New “Game Changing” Method Exposes Cancer Vulnerabilities

Deep Visual Proteomics

Deep Visual Proteomics concept and workflow Clockwise: Deep Visual Proteomics (DVP) combines high-resolution imaging, artificial intelligence (AI)-guided image analysis for single-cell classification and isolation with a novel ultra-sensitive proteomics workflow. DVP links data-rich imaging of cell culture or archived patient biobank tissues with deep learning-based cell segmentation and machine learning-based identification of cell types and states. (Un)supervised AI-classified cellular or subcellular objects of interest undergo automated laser microdissection and mass spectrometry (MS)-based proteomic profiling. Subsequent bioinformatics data analysis enables data mining to discover protein signatures providing molecular insights into proteome variation in health and disease states at the level of single cells. Credit: MPI of Biochemistry

How do some patients develop resistance to cancer treatment? The new method known as “Deep Visual Proteomics” may be able to help doctors get closer to an answer and identify cancer tumor vulnerabilities.

It is never easy for doctors to figure out why certain illnesses develop in our bodies. Old age, risky habits such as smoking, and genetics can all play a role.

However, the exact, specific causes of serious diseases such as cancer remain unknown.

Now, a groundbreaking method known as “Deep Visual Proteomics” may be able to help change that. An international team of researchers led by Copenhagen University created the technique, which was recently applied to cancer cells in a new study published in the top scientific journal Nature Biotechnology.

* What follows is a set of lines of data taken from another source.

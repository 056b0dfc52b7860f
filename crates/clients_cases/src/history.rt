//! What was done at a network.

ghost use Rattle.std.specs.Prelude.{◌≡◌};

use cad_network::is_blocked;
use std::alloc::Global;
use std::io::{Error, Result};

/// One thing that was done, at sockets that have the numbers of their peers.
#[derive(Drop)]
pub(crate) enum Done {
    /// A client's socket was taken.
    Came(u32),
    /// An office's socket was taken.
    OfficeCame(u32),
    /// The network reported a place.
    Woke(usize),
    /// A read gave this.
    Gave(u32, Vec<u8>),
    /// A write took this.
    Took(u32, Vec<u8>),
    /// A read or a write cannot be done now.
    Blocked(u32),
    /// A read or a write failed.
    Failed(u32),
    /// A socket was let go.
    Left(u32),
}

/// What was done, one thing after the other, as long as there was memory to keep it.
#[derive(Drop)]
pub(crate) struct History {
    alloc: Global,
    done: Vec<Done>,
    is_known: bool,
}

impl History {
    ghost use Rattle.std.specs.Prelude.{[], ◌∷◌, Some};
    ghost use Rattle.std.specs.Io.{ReadsAtMost, WritesAtMost};
    ghost use Rattle.cad_network.specs.Deeds.{gave, took, Adds, failing, reading, writing};
    ghost use Rattle.clients_cases.specs.Histories.{deed_of, known};

    /// Nothing was done.
    pub(crate) fn new(alloc: Global) -> History
        ensures { known result ≡ Some [] }
    {
        History {
            alloc,
            done: Vec::new(alloc),
            is_known: true,
        }
    }

    /// This is done.
    pub(crate) fn add(&mut self, done: Done)
        ensures { Adds (known self.old) (known self.new) (deed_of done ∷ []) }
    {
        if self.done.push(done).is_err() {
            self.is_known = false;
        }
    }

    /// A read gave these bytes.
    fn give(&mut self, name: u32, bytes: &[u8])
        ensures { Adds (known self.old) (known self.new) (gave name bytes.now ∷ []) }
    {
        match Vec::from_slice(self.alloc, bytes) {
            Ok(bytes) => self.add(Done::Gave(name, bytes)),
            Err(_) => self.is_known = false,
        }
    }

    /// A write took these bytes.
    fn take(&mut self, name: u32, bytes: &[u8])
        ensures { Adds (known self.old) (known self.new) (took name bytes.now ∷ []) }
    {
        match Vec::from_slice(self.alloc, bytes) {
            Ok(bytes) => self.add(Done::Took(name, bytes)),
            Err(_) => self.is_known = false,
        }
    }

    /// A read or a write was not done.
    fn fail(&mut self, name: u32, error: &Error)
        ensures { Adds (known self.old) (known self.new) (failing name error.now) }
    {
        if is_blocked(error) {
            self.add(Done::Blocked(name));
        } else {
            self.add(Done::Failed(name));
        }
    }

    /// Adds the result of a read.
    pub(crate) fn add_read(&mut self, name: u32, buffer: &[u8], read: &Result<usize>)
        requires { ReadsAtMost read.now buffer.now }
        ensures { Adds (known self.old) (known self.new) (reading name buffer.now read.now) }
    {
        match read {
            Ok(count) => self.give(name, &buffer[..*count]),
            Err(error) => self.fail(name, error),
        }
    }

    /// Adds the result of a write.
    pub(crate) fn add_write(&mut self, name: u32, bytes: &[u8], written: &Result<usize>)
        requires { WritesAtMost written.now bytes.now }
        ensures { Adds (known self.old) (known self.new) (writing name bytes.now written.now) }
    {
        match written {
            Ok(count) => self.take(name, &bytes[..*count]),
            Err(error) => self.fail(name, error),
        }
    }
}
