//! The clients, the land office and their sockets, each served when a line asks for it.

use crate::wire::Wire;
use crate::world::Peer;
use cad_clients::{Clients, Limits, NoLog, ROOM, Served};
use cad_desk::Desk;
use cad_memory_ledger::MemoryReading;
use cad_office_socket::{Entry, EntryTurned, Figures};
use std::alloc::{AllocError, Global};
use test_support::{Echo, Echoing, Units};

/// How long clients may take, in seconds.
const LIMITS: Limits = Limits {
    idle: 60,
    request: 300,
};

/// The clients, the land office and their sockets, at one desk.
#[derive(Drop)]
pub(crate) struct Room {
    pub(crate) alloc: Global,
    desk: Desk<Echo>,
    clients: Clients<u32, Echoing>,
    units: Units,
    wire: Wire,
    /// The number of each client's peer.
    names: Vec<Option<u32>>,
    entry: Entry<MemoryReading>,
    office: u32,
    figures: Figures,
    pub(crate) now: u64,
}

/// Adds a place for the peer of each client.
fn push_places(names: &mut Vec<Option<u32>>) -> Result<(), AllocError> {
    for _ in 0..ROOM {
        names.push(None)?;
    }
    Ok(())
}

/// What was written to a peer since the last call.
fn take_written(alloc: Global, peer: Option<&mut Peer>) -> Vec<u8> {
    match peer {
        Some(peer) => std::mem::replace(&mut peer.taker.taken, Vec::new(alloc)),
        None => Vec::new(alloc),
    }
}

impl Room {
    pub(crate) fn new(alloc: Global) -> Result<Room, AllocError> {
        let clients = Clients::new(alloc)?;
        let mut names = Vec::new(alloc);
        push_places(&mut names)?;
        let mut wire = Wire::new(alloc, Vec::new(alloc));
        let office = wire.add_peer()?;
        Ok(Room {
            alloc,
            desk: Desk::new(alloc, Echo::new(alloc)),
            clients,
            units: Units::default(),
            wire,
            names,
            entry: Entry::new(alloc),
            office,
            figures: Figures::default(),
            now: 0,
        })
    }

    /// A client comes, if there is room. Returns its number.
    pub(crate) fn open(&mut self) -> Option<u32> {
        let c = self.clients.free_number()?;
        let name = self.wire.add_peer().ok()?;
        self.clients
            .open(
                self.alloc,
                c,
                self.now,
                name,
                &mut self.wire,
                &mut self.desk,
            )
            .ok()?;
        self.set_name(c, Some(name));
        Some(c)
    }

    /// The number of a client's peer, if the client is there.
    fn name(&self, c: u32) -> Option<u32> {
        match self.names.get(c as usize) {
            Some(name) => *name,
            None => None,
        }
    }

    /// From now on the client's peer has this number, or the client has no peer.
    fn set_name(&mut self, c: u32, name: Option<u32>) {
        if let Some(slot) = self.names.get_mut(c as usize) {
            *slot = name;
        }
    }

    /// The peer of a client.
    pub(crate) fn peer(&mut self, c: u32) -> Option<&mut Peer> {
        let name = self.name(c)?;
        self.wire.peer(name)
    }

    /// The peer of the land office.
    pub(crate) fn office(&mut self) -> Option<&mut Peer> {
        self.wire.peer(self.office)
    }

    /// Whether bytes of a reply of this client that are made are not written.
    pub(crate) fn is_sending(&self, c: u32) -> bool {
        self.clients.is_sending(c)
    }

    /// Whether a reply of this client is worked on.
    pub(crate) fn is_working(&self, c: u32) -> bool {
        self.clients.is_working(c)
    }

    /// Serves a client. Also returns what was written to it since it was served last.
    pub(crate) fn serve(&mut self, c: u32) -> (Served, Vec<u8>) {
        let Some(name) = self.name(c) else {
            return (Served::Unknown, Vec::new(self.alloc));
        };
        let served = self.clients.serve(
            self.alloc,
            c,
            self.now,
            &mut self.wire,
            &mut self.desk,
            &mut self.units,
            &mut NoLog,
        );
        let written = take_written(self.alloc, self.wire.peer(name));
        if served != Served::Stays {
            self.set_name(c, None);
        }
        (served, written)
    }

    /// Goes on with the reply of a client. Also returns how many units of work that was, and what was written to it since it was served last.
    pub(crate) fn work_on(&mut self, c: u32) -> (Served, u64, Vec<u8>) {
        let before = self.units.done;
        let served = self.clients.work_on(
            self.alloc,
            c,
            self.now,
            &mut self.wire,
            &mut self.desk,
            &mut self.units,
            &mut NoLog,
        );
        let written = match self.name(c) {
            Some(name) => take_written(self.alloc, self.wire.peer(name)),
            None => Vec::new(self.alloc),
        };
        if matches!(served, Served::Over(_)) {
            self.set_name(c, None);
        }
        (served, self.units.done.saturating_sub(before), written)
    }

    /// Drops a client, if it did nothing for too long or a request of it takes too long.
    pub(crate) fn drop_overdue(&mut self, c: u32) -> bool {
        if !self.clients.is_overdue(c, self.now, &LIMITS) {
            return false;
        }
        self.clients.close(c, &mut self.wire, &mut self.desk);
        self.set_name(c, None);
        true
    }

    /// A turn of the land office. Also returns what was written to it since its last turn.
    pub(crate) fn serve_office(&mut self) -> (EntryTurned, Vec<u8>) {
        let turned = self.entry.turn(
            self.alloc,
            &mut self.wire,
            &self.office,
            &mut self.desk,
            &self.figures,
        );
        self.figures = self.figures.with_turn(&turned);
        let written = take_written(self.alloc, self.wire.peer(self.office));
        (turned, written)
    }
}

“Our new concept, Deep Visual Proteomics, could become a game-changer for molecular pathology in the hospitals. With this method, we can identify thousands of proteins and determine how many of them are there,” explains Andreas Mund, first author of the new study.

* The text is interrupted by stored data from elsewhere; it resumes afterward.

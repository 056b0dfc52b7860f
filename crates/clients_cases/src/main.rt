//! What clients and the land office get at a desk whose sockets give and take bytes by a script: each line of standard input is something
//! that happens, and a line is printed for it.
//!
//! - `sockets`: sockets that give and take bytes by a script
//! - `steps`: what happens at a network; `world`: its peers, at which it happens
//! - `wire`: the network, and `history`: what was done there, so that the loop meets its whole contract here
//! - `room`: the clients, the office and their sockets, each served when a line asks for it
//! - `hosted`: the same by the loop; `refusing`: what answers there, as if its database refused commands for object 6
//! - `script`: the lines, and what is printed for them
//!
//! The lines are
//!
//! - `open`, a client comes: `N opened`, by its number, or `full`;
//! - `give N TEXT`, it sends this text, in which `|` means CR and LF; `long N COUNT`, it sends so many bytes `a`;
//! - `room N COUNT`, its socket takes so many more bytes; `hang N`, it sends no more; `break N`, reads and writes fail;
//! - `serve N`, it is served: how that ended, what was written to it, `sending` if a reply is not fully written, and `working` if one is
//!   not made; `work N`, it is worked on: how many units of work that was, and the same;
//! - `second N`, it is second N: the numbers of the clients that are dropped for it;
//! - `line TEXT`, the office sends a line; `part TEXT`, it sends a part of one; `office-room COUNT`, its socket takes so many more bytes;
//!   `office`, it is served: how that ended, and what was written to it.
//!
//! - `host STEPS`, a desk is hosted at a network with these steps: those up to an `end` are done until each wait is over, and the system
//!   refuses to wait if there are no more. `come` and `office`: somebody comes, and is numbered; `give N TEXT`, `room N COUNT`, `hang N`
//!   and `break N` as above, with `_` for LF; `wake PLACES`: the network reports that sockets may continue; `second N`; `refuse COUNT` and
//!   `unwatched COUNT`: so many times a client cannot be handed over, or a socket cannot be watched. The answer is how hosting ended, what
//!   was written to each, and whether its socket was let go.
//!
//! In what was written `|` means LF. A request is answered with its method, its target and the revision in force. The reply to `/units/N`
//! takes N units of work, and for that to `/unmade/N` there is no memory in the end. Any other line is answered by `no case`. An empty one is skipped, and so is one that begins with `#`.
#![tactic(auto)]

mod history;
mod hosted;
mod refusing;
mod room;
mod script;
mod sockets;
mod steps;
mod wire;
mod world;

use room::Room;
use script::put_answer;
use std::io::{Read, Result};

fn print_answer(rt: &HostRuntime, room: &mut Room, line: &[u8]) -> Result<()> {
    let mut answer = String::new(rt.alloc());
    put_answer(&mut answer, room, line)?;
    println!(rt; "{answer}")
}

fn print_answers(rt: &HostRuntime, room: &mut Room, lines: &[u8]) -> Result<()> {
    for line in lines.split(|byte| *byte == b'\n') {
        if !line.is_empty() && !line.starts_with(b"#") {
            print_answer(rt, room, line)?;
        }
    }
    Ok(())
}

fn main(rt: HostRuntime) -> Result<()> {
    let mut lines = Vec::new(rt.alloc());
    rt.stdin().read_to_end(&mut lines)?;
    let mut room = Room::new(rt.alloc())?;
    print_answers(&rt, &mut room, &lines)
}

“We do this by taking a tissue sample and analyzing just the tumor cells in it. This ‘list’ of proteins is called proteome. These proteomes reveal the mechanisms that drive tumor development and directly expose new therapeutic targets from a single tissue slice of a cancer patient biopsy. It exposes a cosmos of molecules inside these cancer cells,” says Andreas Mund, Associate Professor at the Novo Nordisk Foundation Center for Protein Research (CPR) and part of Professor Matthias Mann’s team that spearheaded this development at CPR and the Max Planck Institute for Biochemistry.

Important to pathology departments

The reason why the researchers are so interested in proteins is that they actually are some of the most important pieces of the puzzle for almost all diseases. Proteins are commonly referred to as the ‘workhorses of the cell’.

“When something goes wrong inside our cells and we become sick, you can be sure that proteins are involved in a wide range of different ways. Because of this, mapping the protein landscape can help us determine why a tumor could develop in a particular patient, what vulnerabilities that tumor has, and also what treatment strategy might prove the most beneficial,” says Matthias Mann, professor.

In the new study, the researchers applied “Deep Visual Proteomics” to cells from patients with acinic cell carcinoma and melanoma. This was done in collaboration with researchers at the Zealand University Hospital, Roskilde.

“This unique method combines tissue architecture with the expression of thousands of proteins specific for selected cells. It enables researchers to investigate interactions between cancer cells and their surrounding cells with major implications for future clinical cancer treatment. Recently, we diagnosed a highly complex clinical case with 2 different components and the results from DVP analysis,” says Lise Mette Rahbek Gjerdrum, consultant and clinical research associate professor at Department of Pathology, Zealand University Hospital and Department of Clinical Medicine, University of Copenhagen.

Digital pathology, deep learning, microscopy, and mass spectrometry

Deep Visual Proteomics integrates advances from four different technologies into a single workflow. Firstly, advanced microscopy generates high-resolution tissue maps. Afterward, machine learning algorithms are used to classify cells accurately before laser microdissections and single-cell collection. Then just the normal or diseased cells of a particular type are analyzed by mass spectroscopy, mapping the protein landscape, and understanding the mechanisms of health and disease.

“Using this technology, we can effectively connect the physiological characteristics of cells seen under microscopes with the functions of proteins. This was not previously possible and we are very convinced that this method can be applied to other diseases, not just cancer,” says Andreas Mund.

Reference: “Deep Visual Proteomics defines single-cell identity and heterogeneity” by Andreas Mund, Fabian Coscia, András Kriston, Réka Hollandi, Ferenc Kovács, Andreas-David Brunner, Ede Migh, Lisa Schweizer, Alberto Santos, Michael Bzorek, Soraya Naimy, Lise Mette Rahbek-Gjerdrum, Beatrice Dyring-Andersen, Jutta Bulkescher, Claudia Lukas, Mark Adam Eckert, Ernst Lengyel, Christian Gnann, Emma Lundberg, Peter Horvath and Matthias Mann, 19 May 2022, Nature Biotechnology.